# Juliana XS Size Q's and RP23 worth it?



## paulrb02 (Aug 3, 2009)

So I'm looking at getting a Santa Cruz Juliana for my soon-to-be wife. We don't have a store anywhere close to here, and even the ones 5 hours away don't have a XS, so no demo is available. She is currently riding a Trek Skye SL, and the geometry is close. 

She is 4' 11" with a 28" stand over. Anyone around this size have the XS and want to comment?

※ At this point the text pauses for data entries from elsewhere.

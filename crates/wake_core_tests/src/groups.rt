// Events that belong together, of component 0 in the hand of thread 1 and of the player.
ghost use Rattle.std.specs.Prelude.{◌≡◌, None, false, not, is_some, option_map};
ghost use Rattle.cy_comp.specs.declared.call.Call.{Call};
ghost use Rattle.wake_core.specs.Run.{set_at};
ghost use Rattle.wake_core.specs.Events.{is_waiting};
ghost use Rattle.wake_core.specs.WorldOf.{plain_of, to_step};
ghost use Rattle.wake_core_tests.specs.Groups.{NoneToStep, Becomes, MayCome, MayTell, MayTake};
ghost use Rattle.wake_core_tests.specs.Groups.{MayTakeWoken, MayAskAgain, MayGiveBack, MaySendOn};
ghost use Rattle.wake_core_tests.specs.Groups.{MayTurn, after_message, after_news, after_take};
ghost use Rattle.wake_core_tests.specs.Groups.{after_wake, after_asking, after_fetching};
ghost use Rattle.wake_core_tests.specs.Groups.{after_back, after_output, after_turn, found_then};

use cy_comp::State;
use cy_msg::{Token, Tuple};
use wake_core::World;

/// The player plays a message at its time, which comes to the component as its first reader.
/// Whether the component waits then.
pub(crate) fn play(world: &mut World, token: Token) -> bool
    requires { MayCome token (plain_of world.old) }
    ensures becomes { Becomes (after_message token) world.old world.new }
    ensures waits { result ≡ is_waiting ((plain_of world.old).states 0) }
{
    world.tick(0, token.time);
    world.tape(0, token);
    world.fill(0, 0, 0, token);
    world.look(0, 0)
}

/// The same while the component waits: the player clears its flag.
pub(crate) fn tell(world: &mut World, token: Token)
    requires { MayTell token (plain_of world.old) }
    ensures { Becomes (after_news token) world.old world.new }
{
    play(world, token);
    world.clear(0, 0);
}

/// Thread 1 takes the component and spends its flag. Whether the flag was clear.
pub(crate) fn take(world: &mut World) -> bool
    requires { MayTake (plain_of world.old) }
    ensures becomes { Becomes after_take world.old world.new }
    ensures clear { result ≡ not ((plain_of world.old).spent 0) }
{
    world.acquire(1, 0);
    world.spend(1)
}

/// Thread 1 takes the component, finds its flag clear, and makes it READY.
pub(crate) fn take_woken(world: &mut World)
    requires { MayTakeWoken (plain_of world.old) }
    ensures { Becomes after_wake world.old world.new }
{
    take(world);
    world.ready(1);
}

// Thread 1 looks whether the component in hand is stopped, and asks for it. The answer is that it
// isn't.
fn ask(world: &mut World) -> bool
    requires { MayAskAgain (plain_of world.old) }
    ensures plain { plain_of world.new ≡ after_asking (plain_of world.old) }
    ensures answer { result ≡ false }
    ensures steps { to_step world.new ≡ to_step world.old }
{
    let is_stopped = world.check(1);
    world.ask(1);
    is_stopped
}

// Thread 1 asks and fetches for the component in hand.
fn fetch(world: &mut World) -> Option<Tuple>
    requires { MayAskAgain (plain_of world.old) }
    ensures plain { plain_of world.new ≡ after_fetching (plain_of world.old) }
    ensures answer { result ≡ option_map (λ (x : Call). x.tuple)
        (found_then (plain_of world.old)) }
    ensures steps { to_step world.new ≡ set_at 0 result (to_step world.old) }
{
    ask(world);
    world.fetch(1)
}

/// Thread 1 asks and fetches for the component in hand, and steps it on what is found. Whether
/// anything is.
pub(crate) fn call(world: &mut World) -> bool
    requires { MayAskAgain (plain_of world.old) }
    ensures becomes { Becomes after_fetching world.old world.new }
    ensures found { result ≡ is_some (found_then (plain_of world.old)) }
{
    match fetch(world) {
        Some(tuple) => {
            world.step(1, &tuple);
            true
        }
        None => false,
    }
}

/// Thread 1 stores what the component in hand is to do next, and gives it back.
pub(crate) fn give_back(world: &mut World, state: State)
    requires may { MayGiveBack state (plain_of world.old) }
    requires stepped { NoneToStep world.old }
    ensures { Becomes (after_back state) world.old world.new }
{
    world.yield_as(1, state);
    world.release(1);
}

/// Thread 1 sends the output of the component's call, and gives the component back.
pub(crate) fn send_on(world: &mut World, token: Token)
    requires may { MaySendOn token (plain_of world.old) }
    requires stepped { NoneToStep world.old }
    ensures { Becomes (after_output token) world.old world.new }
{
    world.tape(1, token);
    give_back(world, State::Ready);
}

/// Thread 1 takes the component, calls it, sends its output, and gives it back.
pub(crate) fn turn(world: &mut World, token: Token)
    requires may { MayTurn token (plain_of world.old) }
    requires stepped { NoneToStep world.old }
    ensures { Becomes (after_turn token) world.old world.new }
{
    take(world);
    call(world);
    send_on(world, token);
}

Also looking at some options and I can get the frame with Fox RP23 rear shock for only $100 more. Is RP23 worth the upgrade, over the Fox Float R, on the Juliana? I see that its single pivot so I was thinking it worth the upgrade.


----------



## fishercat (Mar 1, 2004)

i cant comment on the frame size, but i do think the extra $100 for the rp23 will be worth it.


----------



## patches2646 (Aug 6, 2011)

I am 4'10.5" and I have a 26" inseam. I made the mistake of buying the Cannondale Lexi 3 (2011) about 4 weeks ago. I say mistake because the standover is just a bit too high for me but I LOVE the bike and am just dealing with it for the next month or so. It totally depends on many things if the bike will work for her or not. For me, The Lexi has too high of a standover so I will be selling my bike (msg me if you are interested...). The new Juliana (07-current) has the 28.7" standover with a 100mm shock in the front that *could* be lowered to 80mm if necessary, but the bike still did not give me enough clearance to be comfortable. The older Juliana frames (01-06) had a standover of 26.9" but I do not want to build an entire bike just yet because it will be pretty expensive to get the components I want on the bike. Since her inseam is 28", she might be able to get away with the Juliana at 28.7" or a Lexi at 28.7".

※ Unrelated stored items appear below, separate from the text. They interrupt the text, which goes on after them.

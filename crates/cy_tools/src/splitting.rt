// A record cut down to channels and times.
ghost use Rattle.cy_reader.specs.Record.{record_of};
ghost use Rattle.cy_reader.specs.Said.{StandOnChannels};
ghost use Rattle.cy_tools.specs.Answer.{ToolAnswer};
ghost use Rattle.cy_tools.specs.Tools.{splitting};
ghost use Rattle.cy_tools.specs.private.Giving.{DoesWork};

use crate::ToolError;
use crate::kept::{Kept, Lets};
use crate::writing::write_kept;
use cy_msg::Filter;
use cy_reader::{Record, load};
use cy_store::Store;
use cy_writer::WriteError;
use std::alloc::Global;
use std::thread::Threads;

/// What was split off.
#[derive(Clone, Copy, Debug, PartialEq, Eq)]
pub struct Parted {
    /// The messages that are written.
    pub messages: u32,
    /// All messages of the record that was read.
    pub of: u32,
}

// Writes the record of the messages that a filter lets through.
fn write_passing<S: Store>(
    alloc: Global,
    store: &mut S,
    to: &str,
    whole: &Record,
    filter: &Filter,
) -> Result<Parted, WriteError>
    requires { StandOnChannels whole.now.channels whole.now.messages }
    ensures { DoesWork (splitting filter.now) to.now whole.now (S.shows store.old)
        (S.shows store.new) result }
{
    let loaded = whole.loaded();
    let lets = Lets::of(alloc, &loaded, filter)?;
    let kept = Kept {
        loaded,
        lets: Some(lets),
    };
    let messages = write_kept(alloc, store, to, &kept)?;
    Ok(Parted {
        messages,
        of: whole.messages(),
    })
}

/// Makes a record of the messages of another one that a filter lets through, in file order, on the
/// channels that have one. The file is refused as [`load`] refuses it. All reading is done before
/// the other file is made.
///
/// After `ToolError::Load`, and where the store failed at the input, no file is changed. Where it
/// failed at the output, or memory ran out, the writes before that are done.
///
/// [`load`]: cy_reader::load
pub fn split<S: Store, R: Threads + Sync>(
    rt: &R,
    alloc: Global,
    store: &mut S,
    from: &str,
    to: &str,
    filter: &Filter,
) -> Result<Parted, ToolError>
    ensures { ToolAnswer (record_of from.now) (splitting filter.now) from.now to.now
        (S.shows store.old) (S.shows store.new) result }
{
    let whole = load(rt, alloc, store, from)?;
    let parted = write_passing(alloc, store, to, &whole, filter);
    drop(whole);
    Ok(parted?)
}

I looked at a XXS Titus X but with the iffy-ness of the brand and the fact that I could not find even a used one, I have discarded that option. If I had tons of money to blow, I would look at the Pivot Mach 4 in XS, but I dont have the money to waste...which brings me to the most reasonable option if the 28.7" standover will be cutting it too close...

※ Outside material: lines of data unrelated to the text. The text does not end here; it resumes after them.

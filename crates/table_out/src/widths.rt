ghost use Rattle.std.specs.Prelude.{◌≡◌, ℕ, ◌<◌, List, [], ◌∷◌, ◌++◌, All, IfOk, OnOk, length, map, max, slice_index, slice_index_or};
ghost use Rattle.answer_text.specs.Txt.{heads_of, printed, texts_of, widths, width_of};
ghost use Rattle.table_out.specs.Widths.{AreWidths};

use crate::printed::{Print, Scratch};
use answer_text::width;
use esql_types::{Cell, Column, Seq};
use std::alloc::{AllocError, Global};

/// The widths of the columns: each is printed once to see how wide it is, and none is kept.
pub fn column_widths(
    alloc: Global,
    columns: &Seq<Column>,
    rows: &Seq<Seq<Cell>>,
    scratch: &mut Scratch,
) -> Result<Vec<usize>, AllocError>
    requires { All (λ row. length row ≡ length columns.now) rows.now }
    ensures { IfOk result (λ w. w.items ≡ widths (heads_of columns.now ∷ map texts_of rows.now) (length columns.now)) }
{
    let mut widths = vec![in alloc; 0usize; columns.len()]?;
    let places = widths.as_mut_slice();
    widen(places, columns.as_slice(), scratch)?;
    widen_by_rows(places, rows.as_slice(), scratch)?;
    Ok(widths)
}

fn widen_by_rows(
    widths: &mut [usize],
    rows: &[Seq<Cell>],
    scratch: &mut Scratch,
) -> Result<(), AllocError>
    requires { All (λ row. length row ≡ length widths.old) rows.now }
    ensures { OnOk result ((lines : List (List (List ℕ))) → AreWidths widths.old lines → AreWidths widths.new (lines ++ map texts_of rows.now)) }
{
    for row in rows {
        widen(widths, row.as_slice(), scratch)?;
    }
    Ok(())
}

/// Makes each place as wide as the item there.
fn widen<T: Print>(
    widths: &mut [usize],
    items: &[T],
    scratch: &mut Scratch,
) -> Result<(), AllocError>
    requires { length items.now ≡ length widths.old }
    ensures { OnOk result ((place : ℕ) → place < length items.now → slice_index widths.new place ≡ max (slice_index widths.old place) (width_of (slice_index_or (map (λ item. printed (T.text item)) items.now) place []))) }
{
    for (place, item) in items.iter().enumerate() {
        let wide = width(scratch.print(item)?);
        widths[place] = widths[place].max(wide);
    }
    Ok(())
}
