ghost use Rattle.std.specs.Prelude.{◌≡◌, All, IfOk, OnOk, flat_map, length};
ghost use Rattle.csv.specs.Writing.{default_writer, row_text};
ghost use Rattle.table_out.specs.Csv.{fields_of, shown_csv};
ghost use Rattle.table_out.specs.Writers.{TakesText};

use crate::records::{finish, push_record};
use csv::Writer;
use esql_types::{Cell, Column, Seq, Text};
use std::alloc::{AllocError, Global};

/// A table in the layout `csv`: the names of the columns and then the rows, as the records of a default writer of the
/// crate `csv`. A null is an empty field, another cell its text.
pub fn csv(alloc: Global, columns: &Seq<Column>, rows: &Seq<Seq<Cell>>) -> Result<Text, AllocError>
    requires { All (λ row. length row ≡ length columns.now) rows.now }
    ensures { IfOk result (λ text. text ≡ shown_csv columns.now rows.now) }
{
    let mut writer = Writer::from_writer(Vec::new(alloc));
    let mut scratch = String::new(alloc);
    push_record(&mut writer, columns.as_slice(), &mut scratch)?;
    push_rows(&mut writer, rows.as_slice(), &mut scratch)?;
    finish(writer)
}

fn push_rows(
    writer: &mut Writer<Vec<u8>>,
    rows: &[Seq<Cell>],
    scratch: &mut String,
) -> Result<(), AllocError>
    ensures { OnOk result (TakesText writer.old writer.new (flat_map (λ row. row_text default_writer (fields_of row)) rows.now)) }
{
    for row in rows {
        push_record(writer, row.as_slice(), scratch)?;
    }
    Ok(())
}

That option (which won't actually be available until the beginning of January for sure per Trek) is the new Lush by Trek. The standover on the Lush is supposed to be 27.1" but potentially lower because they say they measure the standover from the "center" of the top tube.... I live in the DFW, TX area and would absolutely let your fiance check out my bike for size or whatnot. There is a shop in this area that has an 09 Juliana in the Sand color in XS, but that color is just disgusting in my opinion and I would have to paint the bike in order to own it! I have done tons of research to find a bike that will fit and you are very lucky that she has a 28" inseam and not any smaller!


----------



## paulrb02 (Aug 3, 2009)

The Santa Cruz website lists the XS Juliana as 27.8 stand over. is this wrong? It shows the medium as 28.7. 

Also her stand over is 28". Inseam is longer. We did the spread feet 12" apart and used a book against the wall. (yeah really long legs and a short torso) So 28" is her actual stand over, and I know frames in this size with 100mm fork the top tube runs at crazy angles, so the stand over is always a bit different depending on where you measure it. 

Compared to her current bike (Trek Skye SL) the stand over(according to their numbers) and Top Tube are about the same, but the Bottom Bracket is about an inch higher on the Juliana.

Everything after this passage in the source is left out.